▶ TASK TO COMPLETE:
From the records below, output exactly the lines running from the line containing "is what was" through the line containing "let judged = judged(bytes);", and no others.

========================================

// Ten thousand streams of hostile bytes, compared with the simplest possible decoder: it walks over
// the numbers of a frame and keeps nothing.

use super::*;

/// The bytes that the walk has not passed yet, and whether all before them are right. A number that
/// is cut short or too large is wrong, and counts as 0.
#[derive(Drop)]
struct Walk<'a> {
    rest: &'a [u8],
    is_right: bool,
}

impl<'a> Walk<'a> {
    fn over(rest: &'a [u8]) -> Walk<'a> {
        Walk {
            rest,
            is_right: true,
        }
    }

    fn number(&mut self, size: usize) -> u64 {
        if self.rest.len() < size {
            self.is_right = false;
            return 0;
        }
        let (front, rest) = self.rest.split_at(size);
        let mut number: u64 = 0;
        for byte in front {
            number = number.wrapping_mul(256).wrapping_add(u64::from(*byte));
        }
        self.rest = rest;
        number
    }

    fn at_most(&mut self, size: usize, most: u64) -> u64 {
        let number = self.number(size);
        if number > most {
            self.is_right = false;
            return 0;
        }
        number
    }

    fn message(&mut self) {
        self.at_most(8, (1 << 41) - 1);
        for size in [4, 8, 4, 8, 8, 8, 8] {
            self.number(size);
        }
    }

    fn messages(&mut self, count: u64) {
        for _ in 0..count {
            if !self.is_right {
                return;
            }
            self.message();
        }
    }

    fn signed_list(&mut self) {
        let count = self.number(4);
        for _ in 0..count {
            if !self.is_right {
                return;
            }
            self.at_most(1, 1);
            self.message();
        }
    }

    fn words(&mut self) {
        let count = self.at_most(1, 16);
        for _ in 0..count {
            self.number(8);
        }
    }

    fn part(&mut self) {
        self.number(4);
        self.at_most(8, 1 << 63);
        self.words();
        let pending = self.number(4);
        self.messages(pending);
    }

    fn load(&mut self) {
        let node = self.number(4);
        let nodes = self.at_most(4, 64);
        let end = self.at_most(8, 1 << 40);
        let floor = self.number(8);
        let count = self.number(4);
        for _ in 0..count {
            if !self.is_right {
                return;
            }
            self.part();
        }
        self.is_right = self.is_right && node < nodes && 1 <= end && floor <= end;
    }

    fn parcel(&mut self) {
        self.signed_list();
        self.number(4);
        self.at_most(8, 1 << 40);
    }

    fn fossil(&mut self) {
        self.message();
        let sent = self.at_most(1, 8);
        self.messages(sent);
        self.words();
        self.at_most(8, 1 << 63);
    }

    fn reply(&mut self) {
        self.signed_list();
        if self.at_most(1, 1) == 1 {
            self.at_most(8, (1 << 41) - 1);
        }
        let fossils = self.number(4);
        for _ in 0..fossils {
            if !self.is_right {
                return;
            }
            self.fossil();
        }
        self.number(4);
    }

    fn fault(&mut self) {
        if self.at_most(1, 6) == 0 {
            self.is_right = false;
        }
    }

    /// Whether all bytes are the body of a frame of this kind.
    fn is_body(&mut self, kind: u64) -> bool {
        match kind {
            1 => self.load(),
            2 => self.parcel(),
            3 => self.reply(),
            _ => self.fault(),
        }
        self.is_right && self.rest.is_empty()
    }
}

/// The length of the first frame in bytes, or its fault.
fn judged(bytes: &[u8]) -> Result<Option<usize>, WireFault> {
    if bytes.is_empty() {
        return Ok(None);
    }
    let mut walk = Walk::over(bytes);
    let length = walk.number(4);
    if length > 1 << 24 {
        return Err(WireFault::TooLong);
    }
    let kind = walk.number(1);
    if !walk.is_right {
        return Err(WireFault::Truncated);
    }
    if kind < 1 || kind > 4 {
        return Err(WireFault::BadKind);
    }
    let length = length as usize;
    if walk.rest.len() < length {
        return Err(WireFault::Truncated);
    }
    let mut body = Walk::over(walk.rest.split_at(length).0);
    if body.is_body(kind) {
        Ok(Some(length.saturating_add(5)))
    } else {
        Err(WireFault::BadBody)
    }
}

/// Pseudorandom numbers (xorshift, Marsaglia 2003).
#[derive(Drop)]
struct Random {
    word: u64,
}

impl Random {
    fn below(&mut self, bound: u64) -> u64 {
        let mut word = self.word;
        word ^= (word & 0x7_ffff_ffff_ffff) << 13;
        word ^= word >> 7;
        word ^= (word & 0x7fff_ffff_ffff) << 17;
        self.word = word;
        word.checked_rem(bound).unwrap_or(0)
    }
}

/// Two frames.
fn two_frames(alloc: Global, random: &mut Random) -> Result<Vec<u8>, AllocError> {
    let frames: [&[u8]; 5] = [LOAD_1, PARCEL, REPLY, &LADEN, BELOW_FLOOR];
    let mut bytes = Vec::new(alloc);
    for _ in 0..2 {
        let chosen = random.below(5) as usize;
        bytes.extend_from_slice(frames.get(chosen).copied().unwrap_or(&[]))?;
    }
    Ok(bytes)
}

/// Changes up to two of these bytes.
fn damage(bytes: &mut [u8], random: &mut Random) {
    for _ in 0..random.below(3) {
        let place = random.below(bytes.len() as u64) as usize;
        let byte = (random.below(256) & 255) as u8;
        let small = (random.below(5) & 7) as u8;
        if let Some(old) = bytes.get_mut(place) {
            *old = if small > 2 { byte } else { small };
        }
    }
}

/// Two frames with some bytes changed, and maybe cut short.
fn damaged(alloc: Global, random: &mut Random) -> Result<Vec<u8>, AllocError> {
    let mut bytes = two_frames(alloc, random)?;
    damage(bytes.as_mut_slice(), random);
    let left = random.below((bytes.len() as u64).saturating_add(1)) as usize;
    if random.below(3) == 0 {
        bytes.truncate(left);
    }
    Ok(bytes)
}

/// Random bytes, most of them small.
fn noise(alloc: Global, random: &mut Random) -> Result<Vec<u8>, AllocError> {
    let mut bytes = Vec::new(alloc);
    for place in 0..random.below(40) {
        let bound = if place < 3 || random.below(8) > 0 {
            3
        } else {
            256
        };
        bytes.push((random.below(bound) & 255) as u8)?;
    }
    Ok(bytes)
}

/// Whether the first frame is read with the result of the plain decoder, and its encoding is what was
/// read.
fn is_read_alike(alloc: Global, bytes: &[u8], size: usize) -> Result<bool, WireFault> {
    let read = read_frame(alloc, &mut Pieces::of(bytes, size, NEVER));
    let judged = judged(bytes);
    Ok(match read {
        Ok(None) => judged == Ok(None),
        Ok(Some(frame)) => {
            let encoded = encoded(alloc, &frame)?;
            judged == Ok(Some(encoded.len())) && bytes.starts_with(encoded.as_slice())
        }
        Err(fault) => judged == Err(fault),
    })
}

#[test]
fn hostile_streams_match_the_plain_decoder(rt: HostRuntime) -> Result<(), Fail> {
    let mut random = Random {
        word: 0x9e37_79b9_7f4a_7c15,
    };
    for round in 0..5000u64 {
        let size = if round < 2500 { 7 } else { 4096 };
        let bytes = damaged(rt.alloc(), &mut random)?;
        assert!(rt; is_read_alike(rt.alloc(), bytes.as_slice(), size)?);
        let bytes = noise(rt.alloc(), &mut random)?;
        assert!(rt; is_read_alike(rt.alloc(), bytes.as_slice(), size)?);
    }
    Ok(())
}
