const KEEP_HELP: &str = "With --archive-when-full: keeps the newest K parts, 0 to 4294967295";

const GROW_WHEN_FULL_HELP: &str = "Makes a full disk longer, and goes on";

const ROUNDS_HELP: &str = "Stops after N rounds, 1 to 4294967295, or 'unlimited'";

const RETRIES_HELP: &str = "Begins again up to N times, 0 to 1000000, when a node program is lost";

const STOP_HELP: &str = "Commits and ends, with status 0, once FILE is there";

const PROGRESS_HELP: &str = "Prints progress each SECONDS where there is no terminal, 1 to 86400";

const TRACE_HELP: &str = "Writes a row for each turn of a node to FILE, by commas (CSV)";

const RUN_HELP: &str = "\
In a round each node has its turn, and what no rollback can reach any more is committed.
However a run ends, what was committed stays on the disk, and the next run goes on from there.
A signal (Ctrl-C, SIGTERM) ends it at once: the line of progress on a terminal says up to which time
all is committed, and the same command goes on from there; --stop-file lets it commit first.

One command at a time writes to a disk: another is refused (File). 'log', 'show', 'status', 'stats'
and 'draw' can run beside it, and print what was committed when they read the disk.

A disk of format 1 fails with Session Recovery OtherModel; only 'migrate' reads it.

Topics with more: 'help nodes', 'help commits', 'help unattended', 'help segments', 'help looking'.

Output:
  node NODE ran N           messages that the node handled, with those that were rolled back
  committed TIME events N   ticks, and events in the log

Without nodes, or where --stop-file ends the run, it prints the second line alone.";

const EXTEND_ABOUT: &str = "Gives a disk a later end than the one it was made for";

const EXTEND_HELP: &str = "\
The model file is that of the disk, but with a later end. From then on it is the disk's model file:
'run' goes on to that end, and a model file with another end is refused. What is committed stays.

Output:
  extended E0 to E1   the end before and this one, in ticks";

/// The command `grow`.
fn grow<'a>(alloc: Global) -> Result<ClapCommand<'a>, AllocError>
    ensures { IfOk result (IsApp grow_command) }
{
    let command = on_disk(alloc, "grow", GROW_ABOUT, GROW_HELP);
    let command = with_argument(command, any_text(alloc, "sectors", "N", GROWN_HELP));
    with_argument(command, large_option(alloc))
}

const GROW_ABOUT: &str = "Makes a disk longer, so that its run has room again";

const GROWN_HELP: &str =
    "Sectors in all, 8 to 131072, or with --large to 16777216 [default: the most]";

const GROW_HELP: &str = "\
Adds sectors of zeros behind those that the disk has; what is committed stays, whenever the power
is cut. A disk that has more sectors than asked for is refused (Grow Fewer).

Output:
  grown S0 to S1 sectors   how many it had, and has now";

/// The command `migrate`.
fn migrate<'a>(alloc: Global) -> Result<ClapCommand<'a>, AllocError>
    ensures { IfOk result (IsApp migrate_command) }
{
    let command = on_model(alloc, "migrate", MIGRATE_ABOUT, MIGRATE_HELP);
    let command = with_argument(
        command,
        path(alloc, "OLD", "The file of the disk of format 1"),
    );
    let command = with_argument(
        command,
        path(alloc, "NEW", "The file of the disk of format 2"),
    );
    let sectors = text_option(alloc, "sectors", "N", "4096", SECTORS_HELP);
    let command = with_argument(command, sectors);
    let command = with_argument(command, reserve_option(alloc));
    with_argument(command, large_option(alloc))
}
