// Computes a sweep over one client's copies in the list of all, by value: where it stops, and what each copy becomes.
#![tactic(auto)]

ghost use Rattle.std.specs.Prelude.{◌≡◌, ◌-◌, ◌≤◌, max};
ghost use Rattle.protocol.specs.Client as client;
ghost use Rattle.client_sweeps.specs.Places.{stop_of};

use protocol::records::Copy;
use protocol::setup::Setup;
use protocol::step::Sweep;

// Returns the swept copy at place k of a list in which the client's copies begin at `first`.
pub fn swept_at(setup: Setup, g: Sweep, c: Copy, k: usize, first: usize) -> Copy
    ensures { result ≡ client.swept setup g c (k - first) }
{
    let o = k.saturating_sub(first);
    client_cache::copy::sweep(setup, g, c, o)
}

// Returns the number of copies that a sweep visits.
fn sweeps(g: Sweep, objects: u32) -> usize
    ensures { result ≡ client.sweeps g objects }
{
    match g {
        Sweep::Keep => 0,
        Sweep::Expire(_) | Sweep::Forget(_) | Sweep::Erase => objects as usize,
    }
}

// Returns where n places from `first` on end, cut off at the end of a list of length `len`; `first` if there are none.
#[tactic(auto, unfolding(crate::specs::Places::stop_of))]
fn stop(first: usize, n: usize, len: usize) -> usize
    ensures place { result ≡ stop_of first n len }
    ensures inside { result ≤ max first len }
{
    first + n.min(len.saturating_sub(first))
}

// Returns where a sweep stops in a list of length `len`.
pub fn stop_at(setup: Setup, g: Sweep, first: usize, len: usize) -> usize
    ensures place { result ≡ stop_of first (client.sweeps g setup.objects) len }
    ensures inside { result ≤ max first len }
{
    let n = sweeps(g, setup.objects);
    stop(first, n, len)
}
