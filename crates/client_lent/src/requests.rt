ghost use Rattle.std.specs.Prelude.{◌≡◌, ◌<◌, get_or, set};
ghost use Rattle.std.specs.List.{list_all};
ghost use Rattle.protocol.specs.Tables.{no_request};
ghost use Rattle.protocol.specs.Sound.{request_sound, requests_sound};
ghost use Rattle.protocol.specs.Client.{numbered, ended};
ghost use Rattle.setup.specs.Limits.{largest};

use crate::list;
use client_cache::request::{end, number};
use gate_records::requests::{as_many, request_sound};
use protocol::records::Request;
use protocol::setup::Setup;
use setup::fresh::no_request;

// Returns the request of client i; indices past the end read as no request.
pub fn look(requests: &[Request], i: usize) -> Request
    ensures { result ≡ get_or requests.now i no_request }
{
    list::look(requests, i, no_request())
}

// Takes the next number for a request for the object, which becomes the standing request: "one record, lent and updated". Returns the number.
pub fn take_number(r: &mut Request, object: u8) -> u32
    requires { r.old.next < largest }
    ensures { (result ≡ r.old.next) × (r.new ≡ numbered r.old object) }
{
    *r = number(*r, object);
    r.number
}

// Ends the standing request of the record: "one record, lent and updated".
pub fn end_request(r: &mut Request)
    ensures { r.new ≡ ended r.old }
{
    *r = end(*r);
}

// Returns whether every request is sound.
// Kept: a `for` with `&=`, as for the copies.
fn all_sound(requests: &[Request], setup: Setup) -> bool
    ensures { result ≡ list_all (request_sound setup) requests.now }
{
    let mut ok = true;
    for request in requests {
        ok &= request_sound(setup, *request);
    }
    ok
}

// Answers question 1 for the requests: there is one per client ("another length is unsound"), next numbers are at least 1, and the object of a standing
// request exists.
pub fn sound(requests: &[Request], setup: Setup) -> bool
    ensures { result ≡ requests_sound setup requests.now }
{
    as_many(setup, requests.len()) && all_sound(requests, setup)
}
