// Reads and stores one record of a lent list, of copies or of requests.
ghost use Rattle.std.specs.Prelude.{◌≡◌, get_or, set};

// Returns the record at index i, or `none` if i is past the end.
pub fn look<T: Copy + Drop>(records: &[T], i: usize, none: T) -> T
    ensures { result ≡ get_or records.now i none }
{
    records.get(i).copied().unwrap_or(none)
}

// Stores a record at index i, or does nothing if i is past the end.
// Kept: an index below the length is as plain as `get_mut`, with which the check leaves both arms open.
pub fn store<T: Copy + Drop>(records: &mut [T], i: usize, x: T)
    ensures { records.new ≡ set records.old i x }
{
    if i < records.len() {
        records[i] = x;
    }
}
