// Compares leases, guards and latest ends with the clock, and looks up an object's volume.
#![tactic(auto)]

pub mod place;
pub mod time;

========================================

▶ RESPONSE FOR THIS EXERCISE:
/// Whether the first frame is read with the result of the plain decoder, and its encoding is what was
/// read.
fn is_read_alike(alloc: Global, bytes: &[u8], size: usize) -> Result<bool, WireFault> {
    let read = read_frame(alloc, &mut Pieces::of(bytes, size, NEVER));
    let judged = judged(bytes);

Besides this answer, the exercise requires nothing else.